In our experience, the following factors mitigate against PPU success (especially outside London):
- Having been an executive director at an NHS Trust, as well as CEO of four private healthcare businesses, I would describe NHS management as a tough gig. Targets and pressure from regional and central offices are relentless, and there is limited bandwidth (outside big London Trusts) to think about private patients.
- Trust execs are keen to avoid adverse publicity. There are plenty of critics (internally and externally) arguing that PPUs are immoral and take capacity from NHS patients. (My view is that clinician time rather than physical capacity is the bottleneck. Once NHS clinicians have performed their allotted time, they are free to work in the local private hospital or do whatever they want, so why not give them the opportunity to work in the PPU?
- PPU management bandwidth. The bigger PPUs have management teams of similar calibre to private hospitals. Smaller PPUs often have highly motivated individuals, but they are expected to combine operational management, with consultant relations, PMI negotiations, billing management, and the work of seven departments in a private hospital group.
- Limited commercial negotiating power and skills. PPUs typically realise prices from PMI 10-20% below private hospital groups. Billing PMI requires specialist skills, and our audits have shown under-billing of 10-20+ %
- Lack of capital. PPUs really only need capital for private day pods/ rooms and consultation rooms, if other facilities are shared with NHS services. Nonetheless, NHS Trusts (except the large London ones described above) inevitably prioritise investment in NHS services.

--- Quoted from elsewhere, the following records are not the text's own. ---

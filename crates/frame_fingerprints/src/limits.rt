/// The most frames: those of 64 machines with 1,048,576 each.
pub const MAX_FRAMES: u32 = 1 << 26;
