//! Frames in chains by the buckets of their fingerprints.
ghost use Rattle.std.specs.Prelude.{◌≡◌, ◌+◌, ◌<◌, ◌≤◌, ◌==◌, ◌&&◌, not, Some, None, IsSome, is_some, true, length, map, slice_set};
ghost use Rattle.frame_fingerprints.specs.Chained.{AreKept, fingerprint_in, heads_after, held_at, node_at, with_before, with_next};
ghost use Rattle.frame_fingerprints.specs.Held.{Finds, is_tried};

use crate::node::{NOWHERE, Node};
use lazy_list::LazyList;
use recent_fingerprints::Buckets;
use std::alloc::Allocator;

// The frames, and for each bucket the first one of its chain. A chain goes both ways, so a frame is taken out of it at once.
#[derive(Drop)]
pub(crate) struct Chains<A: Allocator> {
    pub(crate) nodes: LazyList<Node, A>,
    pub(crate) heads: Vec<u32, A>,
    pub(crate) buckets: Buckets,
}

impl<A: Allocator> Chains<A> {
    // Whether there is such a frame, and it has a fingerprint.
    pub(crate) fn is_used(&self, frame: u32) -> bool
        ensures used { result ≡ is_some (held_at self.now.nodes frame) }
        ensures within { result ≡ true → frame < length self.now.nodes }
    {
        if frame >= self.nodes.len() {
            return false;
        }
        self.nodes.get(frame).before != NOWHERE
    }

    // Returns a frame that has the fingerprint, the first one of its chain whose part wasn't tried.
    pub(crate) fn find(&self, fingerprint: u64, each: u32, tried: &[bool]) -> Option<u32>
        requires kept { AreKept self.now.nodes self.now.heads.items self.now.buckets.factor self.now.buckets.shift }
        requires each { 1 ≤ each }
        ensures { Finds fingerprint each tried.now (map fingerprint_in self.now.nodes) result }
    {
        let mut at = self.heads[self.buckets.of(fingerprint) as usize];
        for _ in 0..self.nodes.len() {
            if at >= self.nodes.len() {
                return None;
            }
            let node = self.nodes.get(at);
            if is_sought(&node, at, fingerprint, each, tried) {
                return Some(at);
            }
            at = node.next;
        }
        None
    }

    // Puts a frame that has no fingerprint before the others of its bucket.
    pub(crate) fn put(&mut self, frame: u32, fingerprint: u64)
        requires kept { AreKept self.old.nodes self.old.heads.items self.old.buckets.factor self.old.buckets.shift }
        requires within { frame < length self.old.nodes }
        requires free { held_at self.old.nodes frame ≡ None }
        ensures kept { AreKept self.new.nodes self.new.heads.items self.new.buckets.factor self.new.buckets.shift }
        ensures factor { self.new.buckets.factor ≡ self.old.buckets.factor }
        ensures held { map fingerprint_in self.new.nodes ≡ slice_set (map fingerprint_in self.old.nodes) frame (Some fingerprint) }
    {
        let bucket = self.buckets.of(fingerprint) as usize;
        let next = self.heads[bucket];
        let before = self.nodes.len() + bucket as u32;
        let node = Node {
            fingerprint,
            next,
            before,
        };
        self.nodes.set(frame, node);
        self.heads[bucket] = frame;
        set_before(&mut self.nodes, next, frame);
    }

    // Takes a frame with a fingerprint out of its chain.
    pub(crate) fn take(&mut self, frame: u32)
        requires kept { AreKept self.old.nodes self.old.heads.items self.old.buckets.factor self.old.buckets.shift }
        requires within { frame < length self.old.nodes }
        requires used { IsSome (held_at self.old.nodes frame) }
        ensures kept { AreKept self.new.nodes self.new.heads.items self.new.buckets.factor self.new.buckets.shift }
        ensures factor { self.new.buckets.factor ≡ self.old.buckets.factor }
        ensures held { map fingerprint_in self.new.nodes ≡ slice_set (map fingerprint_in self.old.nodes) frame None }
    {
        let node = self.nodes.get(frame);
        self.set_link(node.before, node.next);
        set_before(&mut self.nodes, node.next, node.before);
        set_before(&mut self.nodes, frame, NOWHERE);
    }
}

impl<A: Allocator> Chains<A> {
    // Lets the link of a frame or of a bucket lead elsewhere.
    fn set_link(&mut self, from: u32, to: u32)
        requires { from < length self.old.nodes + length self.old.heads.items }
        ensures nodes { self.new.nodes ≡ slice_set self.old.nodes from (with_next (node_at self.old.nodes from) to) }
        ensures heads { self.new.heads.items ≡ heads_after (length self.old.nodes) self.old.heads.items from to }
        ensures buckets { self.new.buckets ≡ self.old.buckets }
    {
        if from < self.nodes.len() {
            let node = self.nodes.get(from);
            self.nodes.set(from, Node { next: to, ..node });
        } else {
            let bucket = from - self.nodes.len();
            self.heads[bucket as usize] = to;
        }
    }
}

// Whether a frame's node has the fingerprint, and its part wasn't tried.
fn is_sought(node: &Node, frame: u32, fingerprint: u64, each: u32, tried: &[bool]) -> bool
    requires { 1 ≤ each }
    ensures { result ≡ ((node.now.fingerprint == fingerprint) && not (is_tried each tried.now frame)) }
{
    node.fingerprint == fingerprint && !is_tried(each, tried, frame)
}

// Whether the part of a frame was tried.
fn is_tried(each: u32, tried: &[bool], frame: u32) -> bool
    requires { 1 ≤ each }
    ensures { result ≡ is_tried each tried.now frame }
{
    match tried.get((frame / each) as usize) {
        Some(is) => *is,
        None => false,
    }
}

// Notes which frame or bucket is before a frame, if there is such a frame.
fn set_before<A: Allocator>(nodes: &mut LazyList<Node, A>, frame: u32, before: u32)
    ensures { nodes.new ≡ slice_set nodes.old frame (with_before (node_at nodes.old frame) before) }
{
    if frame < nodes.len() {
        let node = nodes.get(frame);
        nodes.set(frame, Node { before, ..node });
    }
}
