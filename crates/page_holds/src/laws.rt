//! What a hold does to a page's bytes. The functions' bodies are empty: the contract is all there is.
ghost use Rattle.page_holds.specs.Laws.{EachHoldIsRight, EachStepLeavesLess};

/// Whatever comes of the steps of a hold, and in whatever order they are asked for: anyone who reads the page finds what its guest stored last.
/// Where nobody waits for the page, it is there. For that, each outcome is true, and frames keep their bytes meanwhile.
pub fn hold_law()
    ensures { EachHoldIsRight }
{}

/// Each step brings a hold nearer to its end, whether it was done or not. Of a page whose order is open a hold has at most four steps until it
/// is over, or until the system refuses to put the page back or to end its watch.
pub fn end_law()
    ensures { EachStepLeavesLess }
{}
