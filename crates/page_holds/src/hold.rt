//! The calls for a page that is held.
ghost use Rattle.std.specs.Prelude.{◌≡◌, true, false};
ghost use Rattle.page_holds.specs.Steps.{Took, asks_for, is_to_hold, outcome_for, outcome_of, place_after, place_of, said, step_of, still_watched};
ghost use Rattle.page_lender.specs.Decisions.{waiting};
ghost use Rattle.page_lender.specs.Calls.{IsOrdered, order_due};
ghost use Rattle.window_pages.specs.Bytes.{belief_of, known_of};
ghost use Rattle.window_pages.specs.Changed.{Lends};
ghost use Rattle.window_pages.specs.Known.{bars_of, lender_of};

use crate::place::is_to_hold;
use crate::{HeldPlace, HoldStep, Taking};
use page_lender::{Belief, Outcome};
use window_pages::{PartCounts, WindowFacts, WindowPage, next, take};

// Returns the outcome of a page's order that was done, or wasn't.
fn said(is_done: bool) -> Outcome
    ensures { result ≡ said is_done }
{
    if is_done {
        Outcome::Done
    } else {
        Outcome::Refused
    }
}

impl HeldPlace {
    // Returns where the memory is of a page for which threads may wait still. If nothing is at its place, zeros come there.
    fn still_watched(self) -> HeldPlace
        ensures { result ≡ still_watched self }
    {
        match self {
            HeldPlace::Free => HeldPlace::Free,
            HeldPlace::Guarded => HeldPlace::Guarded,
            HeldPlace::Aside => HeldPlace::Replaced,
            HeldPlace::Replaced => HeldPlace::Replaced,
        }
    }
}

impl HoldStep {
    // Returns the outcome of the page's order once the step was done, or wasn't, if it says anything of the order.
    fn outcome(self, belief: Belief, is_done: bool) -> Option<Outcome>
        ensures { result ≡ outcome_for self belief is_done }
    {
        match self {
            HoldStep::Over => None,
            HoldStep::Compare => Some(said(is_done)),
            HoldStep::CompareZeros => Some(said(is_done)),
            HoldStep::Map => Some(said(is_done)),
            HoldStep::GiveBack => (!is_done).then_some(Outcome::Refused),
            HoldStep::PutBack => (!is_done && belief.waits()).then_some(Outcome::Refused),
            HoldStep::EndWatch => belief.waits().then_some(said(is_done)),
        }
    }

    // Returns where the page's memory is once the step was done.
    fn place_once_done(self, place: HeldPlace) -> HeldPlace
        ensures { result ≡ place_after self place true }
    {
        match self {
            HoldStep::Over => place,
            HoldStep::Compare => place,
            HoldStep::CompareZeros => place,
            HoldStep::Map => HeldPlace::Replaced,
            HoldStep::GiveBack => HeldPlace::Replaced,
            HoldStep::PutBack => HeldPlace::Guarded,
            HoldStep::EndWatch => HeldPlace::Free,
        }
    }

    // Returns where the page's memory is once the step wasn't done.
    fn place_once_refused(self, place: HeldPlace) -> HeldPlace
        ensures { result ≡ place_after self place false }
    {
        match self {
            HoldStep::Over => place,
            HoldStep::Compare => place,
            HoldStep::CompareZeros => place,
            HoldStep::Map => place,
            HoldStep::GiveBack => place,
            HoldStep::PutBack => place,
            HoldStep::EndWatch => place.still_watched(),
        }
    }
}

// Takes this outcome of the page's order, if there is one and an order is open that can have it.
fn take_if(page: &mut WindowPage, part: &mut PartCounts, outcome: Option<Outcome>)
    ensures { Took outcome page.old page.new part.old part.new }
{
    match outcome {
        None => {}
        Some(outcome) => {
            take(page, part, outcome);
        }
    }
}

/// Takes what came of the attempt to hold a page whose order that was. Returns where its memory is. Of a page that wasn't to be held, what
/// is believed stays.
pub fn begin(page: &mut WindowPage, part: &mut PartCounts, taking: Taking) -> HeldPlace
    ensures place { result ≡ place_of taking }
    ensures page { Took (asks_for (belief_of page.old) taking) page.old page.new part.old part.new }
{
    let is_asked = is_to_hold(page.known().belief);
    take_if(page, part, is_asked.then_some(taking.outcome()));
    taking.place()
}

/// Returns what is done next with a page whose memory is there. If writes to it may wait, that is its order from then on, and these facts
/// may keep it from being lent.
pub fn step(
    page: &mut WindowPage,
    part: &mut PartCounts,
    facts: &WindowFacts,
    place: HeldPlace,
) -> HoldStep
    ensures step { result ≡ step_of (belief_of page.new) place }
    ensures order { waiting (belief_of page.old) ≡ true → Lends (IsOrdered (order_due (lender_of facts.now (known_of page.old)))) (bars_of facts.now (known_of page.old)) page.old page.new part.old part.new }
    ensures page { waiting (belief_of page.old) ≡ false → page.new ≡ page.old }
    ensures part { waiting (belief_of page.old) ≡ false → part.new ≡ part.old }
{
    if page.known().belief.waits() {
        next(page, part, facts);
    }
    place.step(page.known().belief)
}

/// Takes whether the page's next step was done, where its memory was there. Returns where the memory is then. A call that was refused has
/// changed nothing.
pub fn done(
    page: &mut WindowPage,
    part: &mut PartCounts,
    place: HeldPlace,
    is_done: bool,
) -> HeldPlace
    ensures place { result ≡ place_after (step_of (belief_of page.old) place) place is_done }
    ensures page { Took (outcome_for (step_of (belief_of page.old) place) (belief_of page.old) is_done) page.old page.new part.old part.new }
{
    let belief = page.known().belief;
    let step = place.step(belief);
    take_if(page, part, step.outcome(belief, is_done));
    if is_done {
        step.place_once_done(place)
    } else {
        step.place_once_refused(place)
    }
}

- NHS access targets. One of the reasons that NHS management is difficult is that ministerial/ political targets to reduce waiting lists, translate through layers of apparatchiks into a brutal performance regime. An element of Trust funding is dependent upon hitting 104% of 2019 activity, whilst many beds are blocked by medically fit patients. Many PPU beds have been handed to NHS patients.
If (and it is a big if) Trusts can overcome these challenges, they could potentially dramatically grow their share of private patient activity. Some Trusts have recognised the benefits of PPUs, but realising that they lack the capital, have created partnerships with private providers. A list of the key partnerships is given below.
Many attempts to create these partnerships have failed (we have a list but I have chosen not to include it) due to internal resistance, management changes and lack of suitable sites within the trust, and private operators are inherently sceptical. Some have done fantastically well. In 2010, The Christie was generating £10m of private patient income with profits unknown. It created a partnership with HCA, which invested all of the capital (c£25m) to create a business which in 2019 made c£13m profit on almost £50m of revenues, with The Christie receiving 49%.